A smaller body of research has looked at recovery between high-intensity intervals. Some studies suggest faster heart rate recovery in nasal-strip users during the rest period between efforts, possibly because nasal breathing recruits the parasympathetic nervous system more efficiently than mouth breathing [5]. The effect is small and not universal across studies, but the direction is consistent.

Who actually benefits

Putting the evidence together, the runners and athletes most likely to notice a difference from a nasal strip fall into a few groups.

Habitual nasal breathers. If you already train deliberately keeping your mouth closed at conversational paces — a practice popular in zone-2 endurance training — a strip can extend the speed at which you can sustain pure nasal breathing. You may shift the oronasal transition point upward by half a kilometre per hour or so.

Athletes with mild nasal valve narrowing. The Cottle manoeuvre — gently pulling the cheek lateral to the nose during a deep breath — is a simple home test. If breathing becomes noticeably easier when you do this, your nasal valve is part of your airflow story, and a strip is likely to help.

Cold or dry environments. Exercising in cold air increases nasal congestion in many people via parasympathetic-mediated mucosal swelling. A strip partially offsets this and is reported as helpful by many winter runners and cyclists.

Activities at moderate intensity. Cycling commutes, golf, recreational hiking, yoga, and zone-2 endurance running are the activities where users most consistently describe a benefit. Sprinting, maximal lifting, and high-intensity team sport are the activities where users least consistently describe one.

Who is unlikely to benefit

Nasal strips will not help, and should not be expected to help, in the following situations.

  • Exercise-induced bronchoconstriction (asthma). The narrowing in this condition is in the lower airways, not the nose. Strips do nothing at this level. A reliever inhaler prescribed by a physician is the correct intervention.
  • Significant deviated septum. A strip widens the nostril from the outside; it does not move a deviated septum. See our deviated septum article for detail.
  • Maximal effort sprints. At true maximal intensity you are mouth-breathing. The nose is not in the picture.
  • As a substitute for aerobic conditioning. No external device replaces consistent training.

How to use a nasal strip for exercise

The application principle is identical to overnight use. Clean and dry the skin across the bridge of the nose. Position the strip centred over the soft cartilage just above the flare of the nostrils — not on the bony bridge higher up. Press firmly along the entire length for ten seconds.
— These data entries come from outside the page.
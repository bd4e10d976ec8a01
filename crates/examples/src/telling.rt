// What a call came to, in a line: its name, its code, and its bytes or its numbers. A write that fails loses its text, which the
// comparison then shows.
ghost use Rattle.std.specs.Prelude.{◌≤◌, length};

use std::io::Stdout;

pub(crate) fn say(out: Stdout, text: &[u8]) {
    let _ = out.write_all(text);
}

// What the call is.
pub(crate) fn name(out: Stdout, words: &[u8]) {
    say(out, words);
    say(out, b": ");
}

// The first n bytes, or all where there are fewer.
pub(crate) fn first(bytes: &[u8], n: usize) -> &[u8] {
    &bytes[..n.min(bytes.len())]
}

// The bytes from a place on, or none where there are fewer.
pub(crate) fn from(bytes: &[u8], at: usize) -> &[u8] {
    &bytes[at.min(bytes.len())..]
}

// The first place that has this byte, or the end.
pub(crate) fn find(text: &[u8], b: u8) -> usize
    ensures { result ≤ length text.now }
{
    text.iter().position(|c| *c == b).unwrap_or(text.len())
}

// The digit of a value below 16.
fn digit_of(value: u8) -> u8 {
    match value {
        0..=9 => b'0' + value,
        10..=15 => value + (b'A' - 10),
        _ => b'?',
    }
}

// A space and a byte.
fn say_byte(out: Stdout, b: u8) {
    say(out, &[b' ', digit_of(b >> 4), digit_of(b & 15)]);
}

// A space and a number.
pub(crate) fn say_number(out: Stdout, n: u64) {
    say(out, b" ");
    let _ = out.print(n);
}

pub(crate) fn say_code(out: Stdout, code: u8) {
    let _ = out.print(u64::from(code));
}

// A code, the bytes, and the line's end.
pub(crate) fn tell(out: Stdout, code: u8, bytes: &[u8]) {
    say_code(out, code);
    for b in bytes {
        say_byte(out, *b);
    }
    say(out, b"\n");
}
Apply the strip 15 to 20 minutes before your warm-up. This lets the adhesive bond fully and avoids the strip lifting once you start sweating. Use sweat-resistant variants if available; they hold significantly better than standard overnight strips during a one-hour run in warm weather.

A single strip is intended for one session. Reusing a strip that has lifted from sweat does not restore the tension, and the worn adhesive may irritate the skin. If you train daily, the per-session cost is modest but adds up — factor this into the decision.
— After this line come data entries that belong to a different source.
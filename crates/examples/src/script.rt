// Messages for the box. The script on standard input has a line for each step, and what the box says can be laid beside the
// documents:
//
//     # words                 a remark, copied, as an empty line is
//     box MT123456            a fresh box with this serial; the line is copied, and its code written behind it
//     04 20 01 00             a message, fed in one call; written is its code, and the reply's bytes
//     name asked: 04 20 01 00   the same, with what stands before the colon copied
//     00 80 +8191             bytes and so many zeros behind them
ghost use Rattle.std.specs.Prelude.{◌≤◌, ◌<◌, length};

use crate::telling::{find, first, from, name, say, tell};
use station::Station;
use std::io::Stdout;

// The value of a hexadecimal digit in capitals; of anything else 0.
fn value_of(digit: u8) -> u8 {
    match digit {
        b'0'..=b'9' => digit - b'0',
        b'A'..=b'F' => digit - (b'A' - 10),
        _ => 0,
    }
}

// Puts the bytes of a line, two digits each and a space between, at the start of out, and answers how many there are.
fn read_bytes(line: &[u8], out: &mut [u8]) -> usize
    ensures { result ≤ length out.old }
{
    let mut n = 0;
    for digits in line.chunks(3) {
        if digits.len() < 2 || n == out.len() {
            break;
        }
        out[n] = (value_of(digits[0]) << 4) | value_of(digits[1]);
        n += 1;
    }
    n
}

// The number that a plus and up to four digits are; none where there is no plus.
fn zeros_in(text: &[u8]) -> usize
    ensures { result < 10000 }
{
    let mut n = 0;
    for digit in text {
        n = (n * 10 + value_of(*digit) as usize) % 10_000;
    }
    n
}

// Feeds a message in one call.
fn feed_and_tell(out: Stdout, s: Station, message: &[u8]) -> Station {
    let mut reply = [0u8; 64];
    match station::feed(s, message, &mut reply) {
        Ok(fed) => {
            tell(out, fed.code(), first(&reply, fed.wrote));
            fed.left
        }
        Err(refusal) => {
            tell(out, u8::from(refusal), b"");
            s
        }
    }
}

// A message of at most 8,200 bytes.
fn run_message(out: Stdout, s: Station, line: &[u8]) -> Station {
    let mut message = [0u8; 8200];
    let plus = find(line, b'+');
    let n = read_bytes(&line[..plus], &mut message);
    let more = zeros_in(&line[plus..]);
    feed_and_tell(out, s, first(&message, n + more))
}

// A message, behind its name where it has one.
fn run_named(out: Stdout, s: Station, line: &[u8]) -> Station {
    let colon = find(line, b':');
    if colon == line.len() {
        return run_message(out, s, line);
    }
    name(out, &line[..colon]);
    run_message(out, s, from(&line[colon..], 2))
}

// The box that a line "box SERIAL" begins.
fn begin(out: Stdout, line: &[u8]) -> Station {
    let began = station::fresh(from(line, 4));
    name(out, line);
    tell(out, began.code(), b"");
    began.made
}

// One line of the script, and the box after it.
fn run_line(out: Stdout, s: Station, line: &[u8]) -> Station {
    if line.len() == 0 || line[0] == b'#' {
        say(out, line);
        say(out, b"\n");
        return s;
    }
    if check::same(first(line, 4), b"box ") {
        return begin(out, line);
    }
    run_named(out, s, line)
}

// One line after the other.
pub(crate) fn run(out: Stdout, text: &[u8]) {
    let mut now = station::fresh(b"00000000").made;
    for line in text.split_inclusive(|b| *b == b'\n') {
        now = run_line(out, now, line.strip_suffix(b"\n").unwrap_or(line));
    }
}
Side effects in the exercise setting

The side effect profile during exercise is the same as during sleep — mild, reversible skin redness in a minority of users — with one addition. Strips occasionally peel at the edge during very heavy sweating, which can be distracting in a race. Practising with the strip in training before relying on it in a race is sensible.

Bottom line

If you are looking at a nasal strip as a way to drop minutes off your 10K personal best, the evidence will disappoint you. If you are looking at one as a way to make sub-maximal training feel slightly easier, breathe more comfortably in cold air, or extend your nasal-breathing-only pace by a small margin, the evidence is on your side. A box of strips is inexpensive enough to try for a week and decide for yourself which camp you fall into.

Medical disclaimer. The information in this article is for educational purposes only and is not a substitute for professional medical advice, diagnosis, or treatment. If you have asthma, recurrent nasal obstruction, or any other respiratory condition, consult a qualified clinician before relying on any over-the-counter device during exercise.